**Provided entries**.
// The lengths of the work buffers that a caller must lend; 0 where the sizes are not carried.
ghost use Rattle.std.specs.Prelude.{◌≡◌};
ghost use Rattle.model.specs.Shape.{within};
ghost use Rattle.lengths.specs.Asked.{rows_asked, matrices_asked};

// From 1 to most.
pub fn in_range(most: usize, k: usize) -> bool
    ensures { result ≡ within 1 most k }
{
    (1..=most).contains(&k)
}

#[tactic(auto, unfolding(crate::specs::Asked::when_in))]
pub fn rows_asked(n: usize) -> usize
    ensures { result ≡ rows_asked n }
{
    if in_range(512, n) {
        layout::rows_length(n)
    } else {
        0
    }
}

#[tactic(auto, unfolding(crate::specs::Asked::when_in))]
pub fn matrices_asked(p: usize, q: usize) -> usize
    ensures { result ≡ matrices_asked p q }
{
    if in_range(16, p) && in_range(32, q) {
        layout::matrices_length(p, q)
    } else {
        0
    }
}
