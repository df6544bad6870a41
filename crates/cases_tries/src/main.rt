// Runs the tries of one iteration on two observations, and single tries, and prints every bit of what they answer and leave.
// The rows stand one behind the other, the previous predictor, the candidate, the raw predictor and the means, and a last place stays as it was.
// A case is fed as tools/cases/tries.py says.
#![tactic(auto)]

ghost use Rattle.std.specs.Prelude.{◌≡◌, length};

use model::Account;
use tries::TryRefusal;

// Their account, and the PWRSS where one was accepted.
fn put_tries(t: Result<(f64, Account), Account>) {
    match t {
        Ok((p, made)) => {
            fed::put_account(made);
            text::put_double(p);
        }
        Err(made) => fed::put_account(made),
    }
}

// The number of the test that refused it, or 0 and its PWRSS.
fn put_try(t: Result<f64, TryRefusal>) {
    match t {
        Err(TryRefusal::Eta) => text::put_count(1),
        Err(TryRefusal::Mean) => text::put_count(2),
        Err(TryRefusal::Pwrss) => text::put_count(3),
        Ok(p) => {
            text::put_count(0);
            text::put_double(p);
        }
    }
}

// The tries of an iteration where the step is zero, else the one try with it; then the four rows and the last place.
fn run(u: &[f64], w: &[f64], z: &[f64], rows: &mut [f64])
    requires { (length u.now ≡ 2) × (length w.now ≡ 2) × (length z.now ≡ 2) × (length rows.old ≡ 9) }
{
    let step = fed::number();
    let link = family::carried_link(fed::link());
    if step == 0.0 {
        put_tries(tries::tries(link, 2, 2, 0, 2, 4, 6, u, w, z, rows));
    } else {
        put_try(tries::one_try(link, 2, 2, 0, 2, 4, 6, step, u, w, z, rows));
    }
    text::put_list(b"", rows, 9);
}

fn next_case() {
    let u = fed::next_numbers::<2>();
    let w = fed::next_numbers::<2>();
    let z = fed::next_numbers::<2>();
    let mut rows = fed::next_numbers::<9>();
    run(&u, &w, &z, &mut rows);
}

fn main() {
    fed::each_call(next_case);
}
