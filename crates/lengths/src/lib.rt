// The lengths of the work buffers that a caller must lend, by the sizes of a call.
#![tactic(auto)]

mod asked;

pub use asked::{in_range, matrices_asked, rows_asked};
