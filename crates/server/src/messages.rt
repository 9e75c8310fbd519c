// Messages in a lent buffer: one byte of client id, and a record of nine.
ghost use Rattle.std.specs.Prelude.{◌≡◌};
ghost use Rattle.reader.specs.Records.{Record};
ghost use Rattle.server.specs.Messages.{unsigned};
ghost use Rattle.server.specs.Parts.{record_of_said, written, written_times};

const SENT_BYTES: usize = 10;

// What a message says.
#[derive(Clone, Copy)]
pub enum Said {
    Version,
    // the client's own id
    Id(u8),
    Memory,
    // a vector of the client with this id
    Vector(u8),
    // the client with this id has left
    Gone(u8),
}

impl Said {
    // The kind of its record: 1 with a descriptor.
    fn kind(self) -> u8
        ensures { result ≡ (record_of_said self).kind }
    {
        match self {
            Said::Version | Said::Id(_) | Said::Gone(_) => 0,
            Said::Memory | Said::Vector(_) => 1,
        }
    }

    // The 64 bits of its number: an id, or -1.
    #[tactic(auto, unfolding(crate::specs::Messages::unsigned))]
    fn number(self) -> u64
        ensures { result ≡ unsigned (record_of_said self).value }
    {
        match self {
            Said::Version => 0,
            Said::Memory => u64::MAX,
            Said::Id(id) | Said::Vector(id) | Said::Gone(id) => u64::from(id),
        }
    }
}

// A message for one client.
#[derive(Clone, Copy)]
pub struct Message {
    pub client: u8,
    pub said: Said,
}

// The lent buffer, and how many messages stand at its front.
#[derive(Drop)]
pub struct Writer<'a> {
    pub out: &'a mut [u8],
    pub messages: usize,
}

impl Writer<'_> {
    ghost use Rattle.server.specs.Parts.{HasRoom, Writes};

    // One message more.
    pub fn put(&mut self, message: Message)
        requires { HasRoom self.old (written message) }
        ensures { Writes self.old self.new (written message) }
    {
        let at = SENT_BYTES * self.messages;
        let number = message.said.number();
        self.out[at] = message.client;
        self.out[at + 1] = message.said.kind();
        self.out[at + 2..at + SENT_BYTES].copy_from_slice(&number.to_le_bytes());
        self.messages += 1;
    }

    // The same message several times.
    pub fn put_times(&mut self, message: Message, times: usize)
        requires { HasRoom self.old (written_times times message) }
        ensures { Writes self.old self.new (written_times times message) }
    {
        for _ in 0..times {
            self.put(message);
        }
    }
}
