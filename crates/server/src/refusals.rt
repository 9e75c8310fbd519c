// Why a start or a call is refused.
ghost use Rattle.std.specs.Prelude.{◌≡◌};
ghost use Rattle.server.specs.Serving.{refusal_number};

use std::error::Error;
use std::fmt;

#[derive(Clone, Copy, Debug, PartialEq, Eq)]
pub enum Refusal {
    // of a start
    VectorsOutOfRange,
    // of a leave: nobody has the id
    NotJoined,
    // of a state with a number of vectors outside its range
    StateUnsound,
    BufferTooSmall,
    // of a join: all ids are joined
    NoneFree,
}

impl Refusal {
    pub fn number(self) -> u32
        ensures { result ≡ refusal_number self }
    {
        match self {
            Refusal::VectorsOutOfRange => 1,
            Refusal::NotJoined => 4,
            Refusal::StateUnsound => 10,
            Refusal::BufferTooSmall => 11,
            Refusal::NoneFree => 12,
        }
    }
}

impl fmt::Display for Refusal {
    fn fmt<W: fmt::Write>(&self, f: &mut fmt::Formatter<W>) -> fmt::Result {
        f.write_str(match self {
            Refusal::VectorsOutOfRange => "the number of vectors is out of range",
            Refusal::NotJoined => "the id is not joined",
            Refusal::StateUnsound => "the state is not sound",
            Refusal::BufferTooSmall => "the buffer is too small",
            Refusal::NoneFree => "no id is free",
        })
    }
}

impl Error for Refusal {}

**Problem details**. Return word for word the lines above from the line with "let mut rows = fed::next_numbers::<9>();" to the line with "record of nine.", including both and leaving out all others.

**Solution to this task**.
    let mut rows = fed::next_numbers::<9>();
    run(&u, &w, &z, &mut rows);
}

fn main() {
    fed::each_call(next_case);
}
filename crates/lengths/src/lib.rt
// The lengths of the work buffers that a caller must lend, by the sizes of a call.
#![tactic(auto)]

mod asked;

pub use asked::{in_range, matrices_asked, rows_asked};
filename crates/server/src/messages.rt
repository 9e75c8310fbd519c
// Messages in a lent buffer: one byte of client id, and a record of nine.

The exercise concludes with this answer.